Post-Stroke Depressive Symptoms: Varying Responses to Escitalopram by Individual Symptoms and Lesion Location
- Author(s)
- Eun-Jae Lee; Jong S. Kim; Dae-Il Chang; Jong-Ho Park; Seong Hwan Ahn; Jae-Kwan Cha; Ji Hoe Heo; Sung-Il Sohn; Byung-Chul Lee; Dong-Eog Kim; Hahn Young Kim; Seongheon Kim; Do-Young Kwon; Jei Kim; Woo-Keun Seo; Jun Lee; Sang-Won Park; Seong-Ho Koh; Jin Young Kim; Smi Choi-Kwon; Min-Sun Kim; Ji-Sung Lee
- Keimyung Author(s)
- Sohn, Sung Il
- Department
- Dept. of Neurology (신경과학)
- Journal Title
- J Geriatr Psychiatry Neurol
- Issued Date
- 2021
- Volume
- 34
- Issue
- 6
- Keyword
- stroke; depression; escitalopram
- Abstract
- Objective:
The efficacy of antidepressants in post-stroke depressive symptoms (PSD) varies.
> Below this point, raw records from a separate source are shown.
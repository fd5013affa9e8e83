//! The positions of a word in a row, read as they are asked for.

ghost use Rattle.std.specs.Prelude.{◌≡◌, ◌<◌, ◌^◌, ℕ, List, [], length, Some};
ghost use Rattle.std.specs.Ordering.{nat_cmp};
ghost use Rattle.std.specs.List.Sorted.{IsStrictlySortedBy};
ghost use Rattle.body_forms.specs.Numbers.{ascending_at};

use body_forms::{difference_of, positive_of};
use std::marker::Model;

/// The positions of a word in a row, from 0 and ascending; they are lent from the file's bytes.
#[derive(Drop)]
pub struct Positions<'a> {
    // The least position that may come next, how many are left, and the bytes that begin with them.
    least: u64,
    count: u32,
    rest: &'a [u8],
}

impl<'a> Model for Positions<'a> {
    ghost use Rattle.std.specs.Prelude.{List, ℕ, ◌≤◌, ◌^◌};
    ghost use Rattle.body_forms.specs.Format.{chain_at};
    ghost use Rattle.body_forms.specs.Numbers.{difference_at, above};
    ghost use Rattle.postings_plain.specs.Reading.{numbers_or_none, AreNumbers};

    ghost Value = { List ℕ };

    ghost view = { λ a. numbers_or_none (chain_at difference_at above a.count a.least a.rest.now) };

    ghost invariant = { λ a. (a.least ≤ 2 ^ 32) × AreNumbers (chain_at difference_at above a.count a.least a.rest.now) };
}

impl Positions<'_> {
    /// No positions; the bytes are not looked at.
    pub(crate) fn none(bytes: &[u8]) -> Positions<'_>
        ensures { result ≡ [] }
    {
        Positions {
            least: 0,
            count: 0,
            rest: bytes,
        }
    }

    /// The positions at the front of the bytes, how many there are first.
    pub(crate) fn counted(bytes: &[u8]) -> Positions<'_>
        requires { (xs : List ℕ) × (tail : List ℕ) × (ascending_at bytes.now ≡ Some (xs, tail)) }
        ensures value { (xs tail : List ℕ) → ascending_at bytes.now ≡ Some (xs, tail)
            → result ≡ xs }
        ensures few { length result < 2 ^ 32 }
        ensures ascend { IsStrictlySortedBy nat_cmp result }
    {
        match positive_of(bytes) {
            Some((count, rest)) => Positions {
                least: 0,
                count,
                rest,
            },
            None => unreachable!(),
        }
    }

    /// How many are left.
    pub fn left(&self) -> u32
        ensures { result ≡ length self.now }
    {
        self.count
    }
}

impl<'a> Iterator for Positions<'a> {
    ghost use Rattle.std.specs.Iterator.{YieldsFirst, item_count};

    type Item = u32;

    ghost next_gives = { YieldsFirst (λ s. s) };

    ghost remaining = { item_count (λ s. s) };

    fn next(&mut self) -> Option<u32> {
        if self.count == 0 {
            return None;
        }
        match difference_of(self.least, self.rest) {
            Some((position, after)) => {
                self.least = u64::from(position) + 1;
                self.count -= 1;
                self.rest = after;
                Some(position)
            }
            None => unreachable!(),
        }
    }
}
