//! The file of a segment's postings: for each key and each word, the rows that have it.
#![tactic(auto)]

mod blocks;
mod body;
mod encoding;
mod entries;
mod file;
mod find;
mod format;
mod hits;
mod inverting;
mod joining;
pub mod laws;
mod positions;
mod postings;
mod row;
mod term;

pub use encoding::{encode, encode_in};
pub use file::{PostFile, read_postings};
pub use format::Format;
pub use joining::Joined;
pub use positions::Positions;
pub use postings::Postings;
pub use row::TermRow;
We aimed to examine whether the effect of escitalopram on PSD differs according to individual depressive symptoms and stroke lesion location.
Methods:
This is a post hoc analysis of EMOTION (ClinicalTrials.gov, NCT01278498), a randomized, placebo-controlled, double-blind trial that examined the efficacy of escitalopram on depression in acute stroke patients (237 with placebo, 241 with escitalopram). Depressive symptoms were evaluated with the 10-item Montgomery-Åsberg Depression Rating Scale (MADRS). Changes in MADRS and individual item scores at 12 weeks were compared between the treatment groups and among the stroke lesion location groups. Stroke lesion locations were grouped according to the anatomical distribution of serotonin fibers that originate from the midbrain/pons and spread to the forebrain via subcortical structures: "Midbrain-Pons," "Frontal-Subcortical," and "Others." Least-squares means were calculated to demonstrate the independent effect of lesion location.
Results:
Total MADRS scores decreased more significantly in the escitalopram than in the placebo group, while a significant effect of escitalopram was observed in only 3 items: apparent sadness, reported sadness, pessimistic thoughts. In the lesion location analyses, escitalopram users in the Frontal-Subcortical group showed significant improvement in total MADRS scores (placebo [n = 130] vs. escitalopram [n = 148], least-square mean [95% CI]: -2.3 [-3.5 to -0.2] vs. -4.5 [-5.5 to -3.4], p = .005), while those in the Midbrain-Pons and Others groups did not.
Conclusions:
The effect of escitalopram on PSD may be more prominent in patients with particular depressive symptoms and stroke lesion locations, suggesting the need for tailored treatment strategies.